The Master of Science degree in computer science is a research-based option which permits graduate students the flexibility in defining specialized interdisciplinary fields that meet their professional needs. The research-based MS degree option is well-suited to students pursuing a career in academia or industry with a research component.
Students have two options under this degree:
- The thesis option, wherein students will have to complete six credits of MS thesis hours while working on a research problem and completing their thesis work. They work with a committee of three and have to defend their thesis.
- The non-thesis option, wherein students will have to complete six credits of MS independent study research hours, while working on research projects with individual faculty. These six hours may or may not be with the same faculty.
With support from the research advisor, students in this program have the option of smoothly transitioning in the PhD program. If students receive support from a research advisor, they do not have to apply to the PhD program; the department processes the degree advancement based on the support.

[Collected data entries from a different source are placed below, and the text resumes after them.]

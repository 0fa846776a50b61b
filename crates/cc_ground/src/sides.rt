//! Terms under an environment, and the sides of equations.
ghost use Rattle.std.specs.Prelude.{◌≡◌, IfOk, Some, [], length, map, nat_lt, option_and_then, option_map};
ghost use Rattle.cc_defs.specs.Signatures.{ground_constants, ground_number};
ghost use Rattle.cc_defs.specs.Resolved.{plain_term, terms_of};
ghost use Rattle.cc_defs.specs.Resolved as resolved;
ghost use Rattle.cc_defs.specs.Nodes.{side as side_of, numbered_side as numbered, value_side as side_with};
ghost use Rattle.cc_sorts.specs.Tables.{TableView};
ghost use Rattle.cc_defs.specs.Satisfaction.{cons_both};
ghost use Rattle.cc_defs.specs.Satisfaction as words;
ghost use Rattle.cc_ground.specs.Bindings.{environment_of};
ghost use Rattle.cc_ground.specs.Views.{bare_universe, plain_side, some_if, universe_of};

use crate::bindings::Bindings;
use crate::sums::object_given;
use crate::values::NONE;
use cc_defs::{OutOfMemory, Sig, Term};
use cc_sorts::Table;
use std::alloc::Global;

/// What a side of an equation stands for.
#[derive(Clone, Copy)]
pub(crate) enum Side<'t> {
    /// The ground constant with this number, and its values.
    Constant { number: u32, values: &'t [u32] },
    /// A value.
    Value(u32),
    /// Nothing: there is no such constant, or no such variable.
    Absent,
}

/// The object that an argument stands for.
fn argument(table: &Table, env: &Bindings, term: &Term) -> Result<Option<u32>, OutOfMemory>
    ensures { IfOk result (λ found. found
        ≡ words.argument (bare_universe table.now) (environment_of env.now) (plain_term term.now)) }
{
    match term {
        Term::Object(object) => Ok(Some(*object)),
        Term::Variable(variable) => Ok(env.value(*variable)),
        Term::Constant { .. } | Term::Nothing => Ok(None),
        Term::Number(_) | Term::Plus(..) | Term::Minus(..) => object_given(table, env, term),
    }
}

/// The objects that arguments stand for, in a list that is empty before, where all of them stand for one. Answers whether they
/// do.
fn add_arguments(
    table: &Table,
    env: &Bindings,
    terms: &[Term],
    args: &mut Vec<u32>,
) -> Result<bool, OutOfMemory>
    requires { args.now.items ≡ [] }
    ensures { IfOk result (λ all. some_if all args.new.items ≡ words.arguments
        (bare_universe table.now) (environment_of env.now) (terms_of (map plain_term terms.now))) }
{
    for term in terms {
        let Some(object) = argument(table, env, term)? else {
            return Ok(false);
        };
        args.push(object)?;
    }
    Ok(true)
}

/// The number of the ground constant of a symbol with one argument, where that is there.
fn meant_at(sig: &Sig, symbol: u32, arg: Option<u32>) -> Option<u32>
    ensures { result ≡ option_and_then (ground_number (ground_constants sig.now) symbol)
        (cons_both arg (Some [])) }
{
    match arg {
        Some(object) => sig.ground_number(symbol, &[object]),
        None => None,
    }
}

/// The number of the ground constant of a symbol with these arguments, where all of them stand for an object.
#[tactic(auto, using(crate::proofs::Bare::arguments_same))]
fn meant_with(
    alloc: Global,
    table: &Table,
    sig: &Sig,
    env: &Bindings,
    symbol: u32,
    terms: &[Term],
) -> Result<Option<u32>, OutOfMemory>
    ensures { IfOk result (λ found. found ≡ words.constant_meant (universe_of table.now sig.now)
        (environment_of env.now) symbol (terms_of (map plain_term terms.now))) }
{
    let mut args = Vec::new(alloc);
    if add_arguments(table, env, terms, &mut args)? {
        return Ok(sig.ground_number(symbol, &args));
    }
    Ok(None)
}

/// The number of the ground constant that a constant with its arguments stands for. One argument takes no memory.
#[tactic(auto, using(crate::proofs::Bare::arguments_same))]
pub(crate) fn constant_meant(
    alloc: Global,
    table: &Table,
    sig: &Sig,
    env: &Bindings,
    symbol: u32,
    terms: &[Term],
) -> Result<Option<u32>, OutOfMemory>
    ensures { IfOk result (λ found. found ≡ words.constant_meant (universe_of table.now sig.now)
        (environment_of env.now) symbol (terms_of (map plain_term terms.now))) }
{
    match terms {
        [term] => Ok(meant_at(sig, symbol, argument(table, env, term)?)),
        _ => meant_with(alloc, table, sig, env, symbol, terms),
    }
}

/// Whether there is a ground constant with the number.
pub(crate) fn is_constant(sig: &Sig, number: u32) -> bool
    ensures { result ≡ nat_lt number (length (ground_constants sig.now)) }
{
    u64::from(number) < u64::from(sig.fluents()) + u64::from(sig.actions())
}

/// The side that a ground constant is, if there is one.
fn numbered_side<'t>(sig: &'t Sig, found: Option<u32>) -> Side<'t>
    ensures { (table : TableView) → plain_side result ≡ numbered (universe_of table sig.now) found }
{
    match found {
        Some(number) if is_constant(sig, number) => Side::Constant {
            number,
            values: sig.constant(number).domain.items(),
        },
        _ => Side::Absent,
    }
}

/// The side that a constant with arguments stands for.
pub(crate) fn constant_side<'t>(
    alloc: Global,
    table: &Table,
    sig: &'t Sig,
    env: &Bindings,
    symbol: u32,
    terms: &[Term],
) -> Result<Side<'t>, OutOfMemory>
    ensures { IfOk result (λ side. plain_side side ≡ side_of (universe_of table.now sig.now)
        (environment_of env.now) (resolved.Constant symbol (terms_of (map plain_term terms.now)))) }
{
    Ok(numbered_side(sig, constant_meant(alloc, table, sig, env, symbol, terms)?))
}

/// The side that a value is, if there is one.
fn value_side<'t>(value: Option<u32>) -> Side<'t>
    ensures { plain_side result ≡ side_with value }
{
    match value {
        Some(value) => Side::Value(value),
        None => Side::Absent,
    }
}

/// The side that a number or a sum stands for.
#[tactic(auto, using(crate::proofs::Bare::given_same))]
fn sum_side<'t>(
    table: &Table,
    sig: &Sig,
    env: &Bindings,
    term: &Term,
) -> Result<Side<'t>, OutOfMemory>
    ensures { IfOk result (λ side. plain_side side ≡ side_with
        (option_and_then (words.object_of_value (universe_of table.now sig.now)) (words.given_value
        (universe_of table.now sig.now) (environment_of env.now) (plain_term term.now)))) }
{
    Ok(value_side(object_given(table, env, term)?))
}

/// What a term stands for as a side.
pub(crate) fn term_side<'t>(
    alloc: Global,
    table: &Table,
    sig: &'t Sig,
    env: &Bindings,
    term: &Term,
) -> Result<Side<'t>, OutOfMemory>
    ensures { IfOk result (λ side. plain_side side
        ≡ side_of (universe_of table.now sig.now) (environment_of env.now) (plain_term term.now)) }
{
    match term {
        Term::Constant { symbol, args } => constant_side(alloc, table, sig, env, *symbol, args),
        Term::Object(object) => Ok(Side::Value(*object)),
        Term::Variable(variable) => Ok(value_side(env.value(*variable))),
        Term::Nothing => Ok(Side::Value(NONE)),
        Term::Number(_) | Term::Plus(..) | Term::Minus(..) => sum_side(table, sig, env, term),
    }
}
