//! Lists of values: the objects of a sort, and for an attribute `none` before them.
ghost use Rattle.std.specs.Prelude.{◌≡◌, ◌<◌, length, position, nat_eq, slice_get, slice_index_or, Some, []};
ghost use Rattle.cc_defs.specs.Signatures.{none_value};
ghost use Rattle.cc_defs.specs.Environments.{range_values};
ghost use Rattle.cc_defs.specs.Universe.{objects_of, values_of as values_in};
ghost use Rattle.cc_ground.specs.Views.{universe_of};

use cc_defs::{Range, Sig};
use cc_sorts::Table;
use std::marker::Model;

/// The number that stands for `none` among values.
pub(crate) const NONE: u32 = 4_294_967_295;

/// Values in order.
#[derive(Drop)]
pub(crate) struct Values<'t> {
    with_none: bool,
    objects: &'t [u32],
}

impl<'t> Model for Values<'t> {
    ghost use Rattle.std.specs.Prelude.{List, ℕ, ◌∷◌, if◌then◌else◌};
    ghost use Rattle.cc_defs.specs.Signatures.{none_value};

    ghost Value = { List ℕ };

    ghost view = { λ values.
        if values.with_none then none_value ∷ values.objects.now else values.objects.now };
}

impl<'t> Values<'t> {
    pub(crate) fn len(&self) -> usize
        ensures { result ≡ length self.now }
    {
        usize::from(self.with_none) + self.objects.len()
    }

    /// The value with this index.
    pub(crate) fn at(&self, index: usize) -> u32
        requires { index < length self.now }
        ensures { slice_get self.now index ≡ Some result }
    {
        if !self.with_none {
            return self.objects[index];
        }
        if index == 0 {
            NONE
        } else {
            self.objects[index - 1]
        }
    }
}

/// The objects of a sort and of the sorts below it; none where there is no such sort.
pub(crate) fn objects_of<'t>(table: &'t Table, sort: u32) -> &'t [u32]
    ensures { result.now ≡ slice_index_or table.now.sorts.members sort [] }
{
    table.members(sort)
}

/// The values of a symbol; none where there is no such symbol.
pub(crate) fn values_of<'t>(table: &'t Table, sig: &Sig, symbol: u32) -> Values<'t>
    ensures { result ≡ values_in (universe_of table.now sig.now) symbol }
{
    if (symbol as usize) >= table.symbol_count() {
        return Values {
            with_none: false,
            objects: &[],
        };
    }
    let symbol = table.symbol_of(symbol);
    Values {
        with_none: symbol.attribute.is_some(),
        objects: objects_of(table, symbol.domain),
    }
}

/// What a variable goes over.
pub(crate) fn values_in_range<'t>(table: &'t Table, sig: &Sig, range: Range) -> Values<'t>
    ensures { result ≡ range_values (universe_of table.now sig.now) range }
{
    match range {
        Range::Sort(sort) => Values {
            with_none: false,
            objects: objects_of(table, sort),
        },
        Range::Domain(symbol) => values_of(table, sig, symbol),
    }
}

/// The index of a value among those of a constant, which is looked for in turn.
pub(crate) fn index_in(values: &[u32], value: u32) -> Option<usize>
    ensures { result ≡ position (nat_eq value) values.now }
{
    values.iter().position(|other| value == *other)
}
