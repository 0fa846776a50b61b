//! The Boolean actions, and the ground laws of `noconcurrency`.
ghost use Rattle.std.specs.Prelude.{◌≡◌, ◌∷◌, [], length, map, slice_get, IfOk, IfErr, OnOk};
ghost use Rattle.cc_defs.specs.Signatures.{Signature, ground_constants};
ghost use Rattle.cc_ground.specs.Counting.{nodes_in};
ghost use Rattle.cc_defs.specs.GroundLaws.{pair_law};
ghost use Rattle.cc_defs.specs.Environments.{pairs_of};
ghost use Rattle.cc_defs.specs.Universe.{boolean_actions, is_boolean_action as is_boolean, is_boolean_symbol as is_boolean_kind};
ghost use Rattle.cc_ground.specs.Views.{universe_of, HasMade, LacksRoom};

use crate::maker::{Halt, Maker, narrow};
use cc_arena::{GroundLaw, Terms};
use cc_defs::{Const, GroundHead, Kind, LawKind, Node, OutOfMemory, Sig};
use cc_sorts::Table;
use std::alloc::Global;

/// Whether the values of a symbol are `false` and `true`. The first sort is `boolean`; an attribute has values of another
/// kind.
fn is_boolean_symbol(table: &Table, symbol: u32) -> bool
    ensures { (sig : Signature) →
        result ≡ is_boolean_kind (slice_get (universe_of table.now sig).symbols symbol) }
{
    if (symbol as usize) >= table.symbol_count() {
        return false;
    }
    let symbol = table.symbol_of(symbol);
    symbol.attribute.is_none() && symbol.domain == 0
}

fn is_boolean_action(table: &Table, constant: &Const) -> bool
    ensures { (sig : Signature) → result ≡ is_boolean (universe_of table.now sig) constant.now }
{
    match constant.kind {
        Kind::Action => is_boolean_symbol(table, constant.symbol),
        Kind::Simple | Kind::Determined => false,
    }
}

/// How many ground constants there are.
fn constant_count(sig: &Sig) -> Result<u32, OutOfMemory>
    ensures { IfOk result (λ count. count ≡ length (ground_constants sig.now)) }
{
    narrow(sig.fluents() as usize + sig.actions() as usize)
}

/// The numbers of the Boolean actions, in order.
pub(crate) fn boolean_actions_of(
    alloc: Global,
    table: &Table,
    sig: &Sig,
) -> Result<Vec<u32>, OutOfMemory>
    ensures { IfOk result (λ numbers.
        numbers.items ≡ boolean_actions (universe_of table.now sig.now)) }
{
    let mut numbers = Vec::new(alloc);
    for number in 0..constant_count(sig)? {
        if is_boolean_action(table, sig.constant(number)) {
            numbers.push(number)?;
        }
    }
    Ok(numbers)
}

impl<'t> Maker<'t> {
    /// The law that two actions are not done at once.
    fn add_pair<'a>(
        &mut self,
        terms: Terms<'a>,
        made: &mut Vec<GroundLaw<'a>>,
        base: u32,
        one: u32,
        other: u32,
    ) -> Result<(), Halt>
        ensures made { OnOk result (HasMade
            (pair_law base (one, other) ∷ []) made.old.items made.new.items self.old self.new) }
        ensures full { IfErr result (LacksRoom 4 self.old.room) }
    {
        self.nodes.clear();
        self.put_both(one, 1, other, 1)?;
        let after = terms.place(&self.nodes)?;
        self.nodes.clear();
        self.push(Node::True)?;
        let body = terms.place(&self.nodes)?;
        made.push(GroundLaw {
            head: GroundHead::Falsity,
            body,
            after: Some(after),
            kind: LawKind::FluentDynamic,
            base,
        })?;
        Ok(())
    }

    /// The laws of an action with each of those behind it.
    fn add_pairs_with<'a>(
        &mut self,
        terms: Terms<'a>,
        made: &mut Vec<GroundLaw<'a>>,
        base: u32,
        one: u32,
        others: &[u32],
    ) -> Result<(), Halt>
        ensures made { OnOk result (HasMade (map (λ other. pair_law base (one, other)) others.now)
            made.old.items made.new.items self.old self.new) }
        ensures full { IfErr result (LacksRoom
            (nodes_in (map (λ other. pair_law base (one, other)) others.now)) self.old.room) }
    {
        for other in others {
            self.add_pair(terms, made, base, one, *other)?;
        }
        Ok(())
    }

    /// The laws of each two actions, an earlier one first.
    pub(crate) fn add_pairs<'a>(
        &mut self,
        terms: Terms<'a>,
        made: &mut Vec<GroundLaw<'a>>,
        base: u32,
        actions: &[u32],
    ) -> Result<(), Halt>
        ensures made { OnOk result (HasMade (map (pair_law base) (pairs_of actions.now))
            made.old.items made.new.items self.old self.new) }
        ensures full { IfErr result
            (LacksRoom (nodes_in (map (pair_law base) (pairs_of actions.now))) self.old.room) }
    {
        let mut left = actions;
        while let Some((one, others)) = left.split_first() {
            self.add_pairs_with(terms, made, base, *one, others)?;
            left = others;
        }
        Ok(())
    }
}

Bachelor's–Accelerated Master's Degree Program
Students may earn this degree as part of the Bachelor's–Accelerated Master's (BAM) degree program, which allows currently enrolled CU Boulder undergraduate students the opportunity to earn a bachelor's and master's degree in a shorter period of time.
For more information, see the Accelerated Master's tab for the associated bachelor's degree(s):
Requirements
Admission Requirements
Applicants for graduate study in computer science must hold at least a bachelor's degree or its equivalent from an accredited institution. They should have programming experience, a number of computer science courses and sufficient mathematical maturity to understand pure mathematics courses at the upper division (junior/senior) level.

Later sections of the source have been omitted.